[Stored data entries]
▬▬▬▬▬▬▬▬▬▬
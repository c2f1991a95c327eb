ghost use Rattle.std.specs.Prelude.{◌≡◌, ◌+◌, ◌-◌, ◌<◌, ◌≤◌, ◌^◌, ℕ, true, bit_xor, List, length, slice_index};
ghost use Rattle.esa_model.specs.declared.machine.Registers.{Registers};
ghost use Rattle.run_model.specs.declared.readings.Read.TheVariants.{Clean, Corrected, Uncorrectable};
ghost use Rattle.run_model.specs.Code.{IsCodeword, is_codeword, distance, flip, ones, highest, places, value_of, read_of, encoded};
ghost use Rattle.run_model.specs.Checkpoint.{registers_of, word_of};
ghost use Rattle.runit_ecc.specs.Bounds.{AreRegisters};

/// Two codewords that differ do so in at least four positions.
pub fn codewords_far_apart()
    ensures { (n c a b : ℕ) → n ≤ 2 ^ (c - 1) → IsCodeword n c a → IsCodeword n c b → (a ≡ b → ⊥) → 4 ≤ distance n a b }
{}

/// The test of a codeword holds exactly at the codewords.
#[tactic(auto, using(crate::proofs::Deciding::codeword_test, crate::proofs::Deciding::codeword_tested))]
pub fn codewords_are_tested()
    ensures tested { (n c w : ℕ) → is_codeword n c w ≡ true → IsCodeword n c w }
    ensures found { (n c w : ℕ) → IsCodeword n c w → is_codeword n c w ≡ true }
{}

/// A word is one position from at most one codeword.
#[tactic(auto, using(crate::proofs::Deciding::one_position))]
pub fn one_wrong_position()
    ensures { (n c w p q : ℕ) → n ≤ 2 ^ (c - 1) → p < n → q < n → IsCodeword n c (flip w p) → IsCodeword n c (flip w q) → p ≡ q }
{}

/// A codeword with no, one or two changed bits reads as its value, as its value with the position, and as lost.
#[tactic(auto, using(crate::proofs::Flipped::read_none, crate::proofs::Flipped::read_one, crate::proofs::Flipped::read_two))]
pub fn codewords_flipped()
    ensures none { (n c x e : ℕ) → n ≤ 2 ^ (c - 1) → IsCodeword n c x → e < 2 ^ n → ones n e ≡ 0 → read_of n c (bit_xor x e) ≡ Clean (value_of n x) }
    ensures one { (n c x e : ℕ) → n ≤ 2 ^ (c - 1) → IsCodeword n c x → e < 2 ^ n → ones n e ≡ 1 → read_of n c (bit_xor x e) ≡ Corrected (value_of n x) (highest n e) }
    ensures two { (n c x e : ℕ) → n ≤ 2 ^ (c - 1) → IsCodeword n c x → e < 2 ^ n → ones n e ≡ 2 → read_of n c (bit_xor x e) ≡ Uncorrectable }
{}

/// A codeword is determined by its value.
#[tactic(auto, using(crate::proofs::Unique::by_value))]
pub fn codewords_by_value()
    ensures { (n c a b : ℕ) → n ≤ 2 ^ (c - 1) → IsCodeword n c a → IsCodeword n c b → value_of n a ≡ value_of n b → a ≡ b }
{}

/// What is encoded is a codeword with the value.
#[tactic(auto, using(crate::proofs::Encoding::encoded_codeword, crate::proofs::Encoding::encoded_value))]
pub fn encoded_words()
    ensures codeword { (n c v : ℕ) → n ≤ 2 ^ (c - 1) → 2 ^ (c - 2) < n → IsCodeword n c (encoded n c v) }
    ensures value { (n c v : ℕ) → v < 2 ^ places n → value_of n (encoded n c v) ≡ v }
{}

/// Registers are what their 40 checkpoint words say, and word 35 is zero.
pub fn registers_restored()
    ensures restored { (words : List ℕ) (r : Registers) → AreRegisters r → length words ≡ 40 → ((w : ℕ) → w < 40 → slice_index words w ≡ word_of r w) → registers_of words ≡ r }
    ensures zero { (r : Registers) → word_of r 35 ≡ 0 }
{}
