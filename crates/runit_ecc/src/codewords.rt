ghost use Rattle.std.specs.Prelude.{◌≡◌, ◌+◌, ◌-◌, ◌<◌, ◌≤◌, ◌^◌};
ghost use Rattle.run_model.specs.Code.{IsCodeword, Reads, read_of, encoded, value_of, places};
ghost use Rattle.runit_ecc.specs.Syndrome.{check_masks};
ghost use Rattle.runit_ecc.specs.Bounds.{IsValueBelow};

use crate::parity::{changed, parity_of, syndrome_of, with_all_checks};
use crate::places::{placed_in, value_at};
use run_model::readings::Read;

// The positions below 128 whose number has the bit 2^j, for each j that is named, as a mask: runs of 2^j zeros and
// 2^j ones in turn.
macro_rules! check_masks {
    ($($j:literal)*) => {
        [$((u128::MAX / ((1u128 << (1u32 << $j)) + 1)) << (1u32 << $j)),*]
    };
}

/// The code that stores D bits with C check bits: any one wrong bit is corrected, any two are found. The positions are
/// 0 to D + C - 1, of which 0 holds the overall parity, 1, 2, 4, .. the checks and the others the value.
///
/// It is proved once for all D and C that these conditions hold of, among them 32 and 7, and 64 and 8.
pub struct Code<const D: u32, const C: u32>;

impl<const D: u32, const C: u32> Code<D, C> {
    /// The codeword of a value.
    pub fn encode(value: u128) -> u128
        requires small { D + C < 128 }
        requires some { 2 ≤ C }
        requires few { C ≤ 8 }
        requires checks { D + C ≤ 2 ^ (C - 1) }
        requires needed { 2 ^ (C - 2) < D + C }
        requires room { places (D + C) ≡ D }
        requires fits { value < 2 ^ D }
        ensures codeword { IsCodeword (D + C) C result }
        ensures value { value_of (D + C) result ≡ value }
        ensures is { result ≡ encoded (D + C) C value }
    {
        let masks = check_masks!(0 1 2 3 4 5 6);
        coded(&masks, D + C, C, value)
    }

    /// What a stored word says, by its parities: a codeword is clean, a word one position from a codeword is corrected
    /// there, and any other, also a number of more than D + C bits, is uncorrectable.
    pub fn read(stored: u128) -> Read
        requires small { D + C < 128 }
        requires some { 2 ≤ C }
        requires few { C ≤ 8 }
        requires checks { D + C ≤ 2 ^ (C - 1) }
        requires room { places (D + C) ≡ D }
        ensures reads { Reads (D + C) C stored result }
        ensures is { result ≡ read_of (D + C) C stored }
        ensures below { IsValueBelow (2 ^ D) result }
    {
        let masks = check_masks!(0 1 2 3 4 5 6);
        reading(&masks, D + C, C, stored)
    }
}

// The codeword of n positions with c checks.
fn coded(masks: &[u128], n: u32, c: u32, value: u128) -> u128
    requires masks { masks.now ≡ check_masks }
    requires small { n < 128 }
    requires some { 2 ≤ c }
    requires few { c ≤ 8 }
    requires checks { n ≤ 2 ^ (c - 1) }
    requires needed { 2 ^ (c - 2) < n }
    requires fits { value < 2 ^ places n }
    ensures { result ≡ encoded n c value }
{
    let w = placed_in(c - 1, value);
    let s = syndrome_of(masks, c - 1, w);
    let r = with_all_checks(c - 1, s, w);
    if parity_of(r) == 0 { r } else { changed(r, 0) }
}

// What a word of n positions with c checks says.
fn reading(masks: &[u128], n: u32, c: u32, stored: u128) -> Read
    requires masks { masks.now ≡ check_masks }
    requires small { n < 128 }
    requires some { 2 ≤ c }
    requires few { c ≤ 8 }
    requires checks { n ≤ 2 ^ (c - 1) }
    ensures { Reads n c stored result }
{
    if stored >> n != 0 {
        return Read::Uncorrectable;
    }
    let s = syndrome_of(masks, c - 1, stored);
    if parity_of(stored) == 0 {
        if s == 0 {
            Read::Clean(value_at(c - 1, stored))
        } else {
            Read::Uncorrectable
        }
    } else if s < n {
        Read::Corrected(value_at(c - 1, changed(stored, s)), s as u8)
    } else {
        Read::Uncorrectable
    }
}
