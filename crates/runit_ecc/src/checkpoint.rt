ghost use Rattle.std.specs.Prelude.{◌≡◌, ◌<◌, length, map};
ghost use Rattle.run_model.specs.Checkpoint.{low_half, registers_of, word_of};

use esa_model::machine::{Psw, Registers};

/// The checkpoint word of this number: 0 to 15 are the general registers, 16 to 31 the control
/// registers, 32 and 33 the PSW, 34 the prefix, 35 is zero, 36 to 39 are the clock words.
#[tactic(auto, unfolding(run_model::specs::Checkpoint::word_of))]
pub fn word_of(r: &Registers, word: u8) -> u64
    requires { word < 40 }
    ensures { result ≡ word_of r.now word }
{
    match word {
        0..=15 => u64::from(r.general[usize::from(word)]),
        16..=31 => u64::from(r.control[usize::from(word - 16)]),
        32 => u64::from(r.psw.w0),
        33 => u64::from(r.psw.w1),
        34 => u64::from(r.prefix),
        35 => 0,
        _ => r.clocks[usize::from(word - 36)],
    }
}

fn low_half(word: u64) -> u32
    ensures { result ≡ low_half word }
{
    (word % (1 << 32)) as u32
}

// The low 32 bits of 16 words.
#[tactic(auto, using(crate::proofs::Restored::halved))]
fn low_halves(words: &[u64]) -> [u32; 16]
    requires { length words.now ≡ 16 }
    ensures { result ≡ map low_half words.now }
{
    let mut halves = [0; 16];
    for i in 0..16 {
        halves[i] = low_half(words[i]);
    }
    halves
}

/// The registers that 40 checkpoint words say; of a word that is kept in 32 bits, the low ones.
#[tactic(auto, unfolding(run_model::specs::Checkpoint::registers_of))]
pub fn registers_of(words: &[u64; 40]) -> Registers
    ensures { result ≡ registers_of words.now }
{
    let mut clocks = [0; 4];
    clocks.copy_from_slice(&words[36..]);
    Registers {
        general: low_halves(&words[..16]),
        control: low_halves(&words[16..32]),
        psw: Psw {
            w0: low_half(words[32]),
            w1: low_half(words[33]),
        },
        prefix: low_half(words[34]),
        clocks,
    }
}
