ghost use Rattle.std.specs.Prelude.{◌≡◌, ◌+◌, ◌*◌, ◌<◌, ◌≤◌, ◌^◌, ◌%◌};
ghost use Rattle.run_model.specs.Code.{value_of, placed};

use crate::parity::check_position;

// The low n bits of w.
#[tactic(auto, using(crate::proofs::Room::low_mask))]
fn low_bits(w: u128, n: u32) -> u128
    requires { n < 128 }
    ensures { result ≡ w % 2 ^ n }
{
    w & ((1 << n) - 1)
}

// w times 2^n.
#[tactic(auto, using(crate::proofs::Room::whole_shift))]
fn raised(w: u128, n: u32) -> u128
    requires few { n < 128 }
    requires fits { w * 2 ^ n < 2 ^ 128 }
    ensures { result ≡ w * 2 ^ n }
{
    w << n
}

// The bits of w between the check positions 2^j and 2^(j + 1), in their places of the value.
fn gathered(w: u128, j: u32) -> u128
    requires { j < 7 }
    ensures value { value_of (2 ^ (j + 1)) w ≡ result + value_of (2 ^ j) w }
    ensures room { value_of (2 ^ (j + 1)) w < 2 ^ 128 }
{
    let at = check_position(j);
    let bits = low_bits(w >> (at + 1), at - 1);
    raised(bits, at - 1 - j)
}

/// The value that the positions below 2^checks hold.
pub(crate) fn value_at(checks: u32, w: u128) -> u128
    requires { checks ≤ 7 }
    ensures { result ≡ value_of (2 ^ checks) w }
{
    let mut value: u128 = 0;
    for j in 0..checks {
        value += gathered(w, j);
    }
    value
}

// The bits of the value that belong between the check positions 2^j and 2^(j + 1), at those positions.
fn scattered(value: u128, j: u32) -> u128
    requires { j < 7 }
    ensures value { placed (2 ^ (j + 1)) value ≡ result + placed (2 ^ j) value }
    ensures room { placed (2 ^ (j + 1)) value < 2 ^ 128 }
{
    let at = check_position(j);
    let bits = low_bits(value >> (at - 1 - j), at - 1);
    raised(bits, at + 1)
}

/// A value in its places below 2^checks, and zeros at the check positions.
pub(crate) fn placed_in(checks: u32, value: u128) -> u128
    requires { checks ≤ 7 }
    ensures { result ≡ placed (2 ^ checks) value }
{
    let mut w: u128 = 0;
    for j in 0..checks {
        w += scattered(value, j);
    }
    w
}
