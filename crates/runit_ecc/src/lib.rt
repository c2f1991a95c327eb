//! The code that stores the checkpoint words of a core, and the words of its registers.
#![tactic(auto)]

mod checkpoint;
mod codewords;
mod laws;
mod parity;
mod places;

pub use checkpoint::{registers_of, word_of};
pub use codewords::Code;
pub use laws::{
    codewords_are_tested, codewords_by_value, codewords_far_apart, codewords_flipped,
    encoded_words, one_wrong_position, registers_restored,
};
pub use run_model::readings::Read;

#[cfg(test)]
mod tests {
    use super::*;
    use esa_model::machine::{Psw, Registers};

    fn is_corrected(answer: Read, value: u128, position: u32) -> bool {
        match answer {
            Read::Corrected(v, p) => v == value && u32::from(p) == position,
            _ => false,
        }
    }

    #[test]
    fn codewords_of_both_widths(rt: HostRuntime) {
        for (value, stored) in [(0, 0), (1, 0xF), (0x8000_0000, 0x41_0000_0014)] {
            assert_eq!(rt; Code::<32, 7>::encode(value), stored, "at {value}");
            assert_eq!(rt;
                Code::<32, 7>::read(stored),
                Read::Clean(value),
                "at {value}"
            );
        }
        for (value, stored) in [(1, 0xF), (0x8000_0000_0000_0000, 0x81_0000_0000_0000_0017)] {
            assert_eq!(rt; Code::<64, 8>::encode(value), stored, "at {value}");
            assert_eq!(rt;
                Code::<64, 8>::read(stored),
                Read::Clean(value),
                "at {value}"
            );
        }
    }

    #[test]
    fn words_that_are_no_codewords(rt: HostRuntime) {
        let cases = [
            (0x7, Read::Corrected(1, 3)),
            (0xE, Read::Corrected(1, 0)),
            (0x3, Read::Uncorrectable),
            (0x80_0000_0000, Read::Uncorrectable),
            (0x80_0000_000F, Read::Uncorrectable),
        ];
        for (stored, answer) in cases {
            assert_eq!(rt; Code::<32, 7>::read(stored), answer, "at {stored}");
        }
    }

    #[test]
    fn every_position_and_pair(rt: HostRuntime) {
        for (value, stored) in [(1, 0xF), (0x8000_0000, 0x41_0000_0014)] {
            for p in 0..39u32 {
                let one = stored ^ (1u128 << p);
                assert!(rt;
                    is_corrected(Code::<32, 7>::read(one), value, p),
                    "position {p}"
                );
                for q in 0..p {
                    let two = one ^ (1u128 << q);
                    assert_eq!(rt;
                        Code::<32, 7>::read(two),
                        Read::Uncorrectable,
                        "positions {p} and {q}"
                    );
                }
            }
        }
    }

    #[test]
    fn registers_are_what_their_words_say(rt: HostRuntime) {
        let mut general = [0; 16];
        general[15] = 15;
        let mut control = [0; 16];
        control[0] = 16;
        let r = Registers {
            general,
            control,
            psw: Psw { w0: 32, w1: 33 },
            prefix: 34,
            clocks: [0x2000, 1 << 63, 0, 0],
        };
        let mut words = [0; 40];
        for w in 0..40u8 {
            words[usize::from(w)] = word_of(&r, w);
        }
        for (w, value) in [
            (15, 15),
            (16, 16),
            (33, 33),
            (34, 34),
            (35, 0),
            (36, 0x2000),
        ] {
            assert_eq!(rt; words[w], value, "word {w}");
        }
        assert_eq!(rt; words[37], 0x8000_0000_0000_0000);
        assert!(rt; registers_of(&words) == r);
    }
}
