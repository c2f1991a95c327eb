//! The loop over the turns of a schedule, for every fault script: an engine makes each turn, and what it
//! tells is written and counted.
#![tactic(auto)]

mod counting;
mod engine;
mod laws;
mod running;
mod turning;
mod writing;

pub use counting::{count_turn, none_made};
pub use engine::{Engine, Turn};
pub use laws::{
    counts_of_sound_turns, failures_have_strikes, front_of_turns, lawful_and_few_retries,
    pieces_of_sound_turns, texts_begin, told_by_turns,
};
pub use running::{make_run, make_runs};
pub use turning::make_turn;

#[cfg(test)]
mod tests;
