// One turn.
ghost use Rattle.std.specs.Prelude.{ℕ, ◌+◌, ◌<◌, ◌≤◌, ◌^◌, IfOk};
ghost use Rattle.g5_writing.specs.Outputs.{HasFiles};
ghost use Rattle.run_model.specs.Schedule.{Fits};
ghost use Rattle.run_loop.specs.Bounds.{Below};
ghost use Rattle.run_loop.specs.Making.{MakesTurn};

use crate::counting::count_turn;
use crate::engine::{Engine, Turn};
use crate::writing::write_turn;
use g5_outside::{Failed, Shelf, Sink};
use g5_writing::OutputFiles;
use run_model::outputs::Counts;
use run_model::schedules::RunKind;
use silicon::Silicon;

/// Makes one turn, writes what it tells, and counts it. `before` are the counts of the turns before it;
/// it is told in `told`.
pub fn make_turn<E: Engine, Z: Silicon, F: Shelf, O: Sink>(
    engine: &mut E,
    silicon: &mut Z,
    shelf: &mut F,
    out: &mut O,
    files: OutputFiles,
    kind: RunKind,
    before: Counts,
    told: &mut Turn,
) -> Result<Counts, Failed>
    requires ready { (E.seen engine.old (Z.seen silicon.old) (Z.tape silicon.old)).ready }
    requires fits { Fits (E.seen engine.old (Z.seen silicon.old) (Z.tape silicon.old)).config.cpus
        kind }
    requires room { (E.seen engine.old (Z.seen silicon.old) (Z.tape silicon.old)).turns < 2 ^ 47 }
    requires files { HasFiles (F.seen shelf.old) files }
    requires below { Below (2 ^ 62) before }
    requires commits { before.commits < 1000000 }
    ensures ready { (E.seen engine.new (Z.seen silicon.new) (Z.tape silicon.new)).ready }
    ensures small { IfOk result
        (λ after. (most : ℕ) → Below most before → Below (most + 45) after) }
    ensures makes { MakesTurn files kind before
        (E.seen engine.old (Z.seen silicon.old) (Z.tape silicon.old))
        (E.seen engine.new (Z.seen silicon.new) (Z.tape silicon.new))
        (F.seen shelf.old) (F.seen shelf.new) (O.seen out.old) (O.seen out.new) result }
{
    engine.turn(silicon, kind, told);
    match write_turn(shelf, out, files, before.commits, told) {
        Err(failed) => Err(failed),
        Ok(()) => Ok(count_turn(before, told)),
    }
}
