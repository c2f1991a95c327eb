// Laws of turns that were made: what follows from the loop's clause, as clauses of functions that do
// nothing. `old` and `y` stand for the engine and its silicon before the turns, `new` and `z` for them
// after the turns.
ghost use Rattle.std.specs.Prelude.{◌≡◌, ◌≤◌, ◌+◌, ◌++◌, ℕ, List, [], ◌∷◌, IsTrue, true, Result, Ok, length, map, take};
ghost use Rattle.std.specs.List.{All, list_any};
ghost use Rattle.g5_outside.specs.Views.{ShelfView, SinkView};
ghost use Rattle.g5_outside.specs.declared.outside.Failed.{Failed};
ghost use Rattle.g5_writing.specs.Outputs.{Puts};
ghost use Rattle.g5_writing.specs.declared.outputs.OutputFiles.{OutputFiles};
ghost use Rattle.run_model.specs.declared.outputs.Counts.{Counts};
ghost use Rattle.run_model.specs.declared.outputs.Place.TheVariants.{Log, Trace, Out};
ghost use Rattle.run_model.specs.declared.schedules.RunKind.{RunKind};
ghost use Rattle.run_model.specs.Cores.{first_cores};
ghost use Rattle.run_model.specs.Counts.{count_turns, counts, none_made};
ghost use Rattle.run_model.specs.Lawful.{Lawful};
ghost use Rattle.run_model.specs.Pieces.{Piece, text};
ghost use Rattle.run_model.specs.Runs.{Model, Told, entries, outline_of};
ghost use Rattle.run_model.specs.Schedule.{Fits};
ghost use Rattle.run_model.specs.Since.{pushed, since};
ghost use Rattle.run_model.specs.Sorts.{is_fail, is_no_spare, is_retry, of_core, of_cpu};
ghost use Rattle.run_model.specs.Texts.{turns_pieces};
ghost use Rattle.silicon.specs.Chip.{Chip};
ghost use Rattle.silicon.specs.Tape.{Tape};
ghost use Rattle.run_loop.specs.Engines.{FailsAsStruck};
ghost use Rattle.run_loop.specs.Making.{MakesFrom, SoundAfter, tells_by, state_by};
ghost use Rattle.run_loop.specs.Fronts.{PutsFront, Begins, ToldByTurns};

use crate::engine::Engine;

/// For every script: the outputs have the pieces of the definition for the turns in front that are sound,
/// and behind them those of the other turns. At a fault all of these are cut short.
pub fn front_of_turns<E: Engine>(old: &E, new: &E)
    ensures { (y z : Chip) (v w : Tape) (files : OutputFiles) (start : Counts) (ks : List RunKind)
        (a b : ShelfView) (o p : SinkView) (r : Result Counts Failed) (x : Model) (j : ℕ)
        → MakesFrom files start ks (E.seen old.now y v) (E.seen new.now z w) a b o p r
        → (E.seen old.now y v).stands x → j ≤ length ks
        → SoundAfter (E.seen old.now y v) x (take j ks)
        → PutsFront files (turns_pieces start.commits (tells_by (E.seen old.now y v) x (take j ks)))
        a b o p r }
{}

/// Where all turns are sound, all that was written is the definition's, up to a fault.
pub fn pieces_of_sound_turns<E: Engine>(old: &E, new: &E)
    ensures { (y z : Chip) (v w : Tape) (files : OutputFiles) (start : Counts) (ks : List RunKind)
        (a b : ShelfView) (o p : SinkView) (r : Result Counts Failed) (x : Model)
        → MakesFrom files start ks (E.seen old.now y v) (E.seen new.now z w) a b o p r
        → (E.seen old.now y v).stands x → SoundAfter (E.seen old.now y v) x ks
        → Puts files (turns_pieces start.commits (tells_by (E.seen old.now y v) x ks)) a b o p r }
{}

/// And so are the counts, and the state that the engine stands for.
#[tactic(auto, using(crate::proofs::Ends::sound_counts))]
pub fn counts_of_sound_turns<E: Engine>(old: &E, new: &E)
    ensures { (y z : Chip) (v w : Tape) (files : OutputFiles) (start : Counts) (ks : List RunKind)
        (a b : ShelfView) (o p : SinkView) (n : Counts) (x : Model)
        → MakesFrom {E = Failed} files start ks (E.seen old.now y v) (E.seen new.now z w) a b o p
        (Ok n)
        → (E.seen old.now y v).stands x → SoundAfter (E.seen old.now y v) x ks
        → (n ≡ count_turns start (tells_by (E.seen old.now y v) x ks))
        × (E.seen new.now z w).stands (state_by (E.seen old.now y v) x ks) }
{}

/// The text of each output that is told begins with what it had and its part of the front.
pub fn texts_begin()
    ensures log { (files : OutputFiles) (front : List Piece) (a b : ShelfView) (o p : SinkView)
        (n : Counts) → PutsFront {E = Failed} files front a b o p (Ok n) → IsTrue a.told
        → Begins (b.text_of files.log.0) (a.text_of files.log.0 ++ text Log front) }
    ensures trace { (files : OutputFiles) (front : List Piece) (a b : ShelfView) (o p : SinkView)
        (n : Counts) → PutsFront {E = Failed} files front a b o p (Ok n) → IsTrue a.told
        → Begins (b.text_of files.trace.0) (a.text_of files.trace.0 ++ text Trace front) }
    ensures console { (files : OutputFiles) (front : List Piece) (a b : ShelfView) (o p : SinkView)
        (n : Counts) → PutsFront {E = Failed} files front a b o p (Ok n) → IsTrue o.told
        → Begins p.taken (o.taken ++ text Out front) }
{}

/// For every script: no failure is in the log without its strike.
pub fn failures_have_strikes<E: Engine>(old: &E, new: &E)
    ensures { (y z : Chip) (v w : Tape) (files : OutputFiles) (start : Counts) (ks : List RunKind)
        (a b : ShelfView) (o p : SinkView) (r : Result Counts Failed)
        → (m : MakesFrom files start ks (E.seen old.now y v) (E.seen new.now z w) a b o p r)
        → FailsAsStruck (E.seen old.now y v).lines (entries m.told) }
{}

/// For every script: what an engine at its start told is what some turns of CPUs that it has tell, so that
/// the laws of such turns hold of it, and it stands by its modes for the cores after them.
pub fn told_by_turns<E: Engine>(old: &E, new: &E)
    ensures { (y z : Chip) (v w : Tape) (files : OutputFiles) (ks : List RunKind) (a b : ShelfView)
        (o p : SinkView) (r : Result Counts Failed)
        → (m : MakesFrom files none_made ks (E.seen old.now y v) (E.seen new.now z w) a b o p r)
        → (E.seen old.now y v).stands_by_mode (first_cores (E.seen old.now y v).config)
        → All (λ (k : RunKind). Fits (E.seen old.now y v).config.cpus k) ks
        → ToldByTurns (E.seen old.now y v) (E.seen new.now z w) m.told }
{}

/// For every script: the log of an engine from its start is lawful, since its last commit or transfer a
/// CPU has at most as many retries as the threshold, and where no spare is left its core has failed once
/// more than that.
pub fn lawful_and_few_retries<E: Engine>(old: &E, new: &E)
    ensures lawful { (y z : Chip) (v w : Tape) (told : List Told) → (E.seen old.now y v).config.cpus ≤ 8
        → ToldByTurns (E.seen old.now y v) (E.seen new.now z w) told
        → Lawful (E.seen old.now y v).config (length told) (counts told).returned (entries told) }
    ensures retries { (y z : Chip) (v w : Tape) (told : List Told) (i : ℕ)
        → ToldByTurns (E.seen old.now y v) (E.seen new.now z w) told
        → since i (of_cpu i is_retry) (pushed (map outline_of told) [])
        ≤ (E.seen old.now y v).config.threshold }
    ensures no_spare { (y z : Chip) (v w : Tape) (before : List Told) (t : Told) (i k : ℕ)
        → ToldByTurns (E.seen old.now y v) (E.seen new.now z w) (before ++ t ∷ [])
        → list_any (of_core i k is_no_spare) t.entries ≡ true
        → since i (of_core i k is_fail) (pushed (map outline_of before) [])
        ≡ (E.seen old.now y v).config.threshold + 1 }
{}
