// What is counted of turns.
ghost use Rattle.std.specs.Prelude.{◌≡◌, ℕ, ◌+◌, ◌<◌, ◌≤◌, ◌^◌, length};
ghost use Rattle.run_model.specs.Counts.{commits_by, count_what, count_entries, count_turn, none_made};
ghost use Rattle.run_loop.specs.Bounds.{Below};
ghost use Rattle.run_loop.specs.Engines.{told_of};

use crate::engine::Turn;
use esa_model::machine::Event;
use run_model::logs::{Entry, What};
use run_model::outputs::Counts;

/// The counts before the first turn.
pub fn none_made() -> Counts
    ensures { result ≡ none_made }
{
    Counts {
        turns: 0,
        commits: 0,
        fails: 0,
        retries: 0,
        corrected: 0,
        spared: 0,
        stopped: 0,
        returned: 0,
    }
}

#[tactic(auto, using(crate::proofs::Rising::below_what))]
fn count_what(n: Counts, what: What) -> Counts
    requires { Below (2 ^ 63) n }
    ensures counts { result ≡ count_what n what }
    ensures small { (most : ℕ) → Below most n → Below (most + 1) result }
{
    match what {
        What::Fail(_, _) => Counts {
            fails: n.fails + 1,
            ..n
        },
        What::Retry(_) => Counts {
            retries: n.retries + 1,
            ..n
        },
        What::Corrected(_, _) => Counts {
            corrected: n.corrected + 1,
            ..n
        },
        What::Uncorrectable(_) => n,
        What::Fenced => n,
        What::Spared(_) => Counts {
            spared: n.spared + 1,
            ..n
        },
        What::NoSpare => n,
        What::Stop => Counts {
            stopped: n.stopped + 1,
            ..n
        },
        What::Returned => Counts {
            returned: n.returned + 1,
            ..n
        },
    }
}

fn commits_by(event: Option<Event>, n: u64) -> u64
    requires { n < 2 ^ 63 }
    ensures counts { result ≡ commits_by event n }
{
    match event {
        Some(Event::Commit(_)) => n + 1,
        Some(Event::Idle(_)) => n,
        Some(Event::Stop(_)) => n,
        Some(Event::Key(_)) => n,
        None => n,
    }
}

fn count_entries(n: Counts, entries: &[Entry]) -> Counts
    requires small { Below (2 ^ 62 + 1) n }
    requires few { length entries.now ≤ 44 }
    ensures counts { result ≡ count_entries n entries.now }
    ensures small { (most : ℕ) → Below most n → Below (most + 44) result }
{
    let mut sum = n;
    'entries: for entry in entries {
        sum = count_what(sum, entry.what);
    }
    sum
}

// The turn itself, and its commit.
#[tactic(auto, using(crate::proofs::Rising::below_turn))]
fn count_event(n: Counts, event: Option<Event>) -> Counts
    requires { Below (2 ^ 62) n }
    ensures counts { result ≡ record n { turns = n.turns + 1; commits = commits_by event n.commits } }
    ensures small { (most : ℕ) → Below most n → Below (most + 1) result }
{
    Counts {
        turns: n.turns + 1,
        commits: commits_by(event, n.commits),
        ..n
    }
}

/// The counts after a turn.
pub fn count_turn(n: Counts, turn: &Turn) -> Counts
    requires { Below (2 ^ 62) n }
    ensures counts { result ≡ count_turn n (told_of turn.now) }
    ensures small { (most : ℕ) → Below most n → Below (most + 45) result }
{
    count_entries(count_event(n, turn.event), turn.entries.as_slice())
}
▬▬▬▬▬▬▬▬▬▬
-- WHAT THIS TASK INVOLVES --
Lines of the data above that include the string "control" must each be copied.

-- SOLUTION TO THE PROBLEM --
/// The checkpoint word of this number: 0 to 15 are the general registers, 16 to 31 the control
        16..=31 => u64::from(r.control[usize::from(word - 16)]),
        control: low_halves(&words[16..32]),
        let mut control = [0; 16];
        control[0] = 16;
            control,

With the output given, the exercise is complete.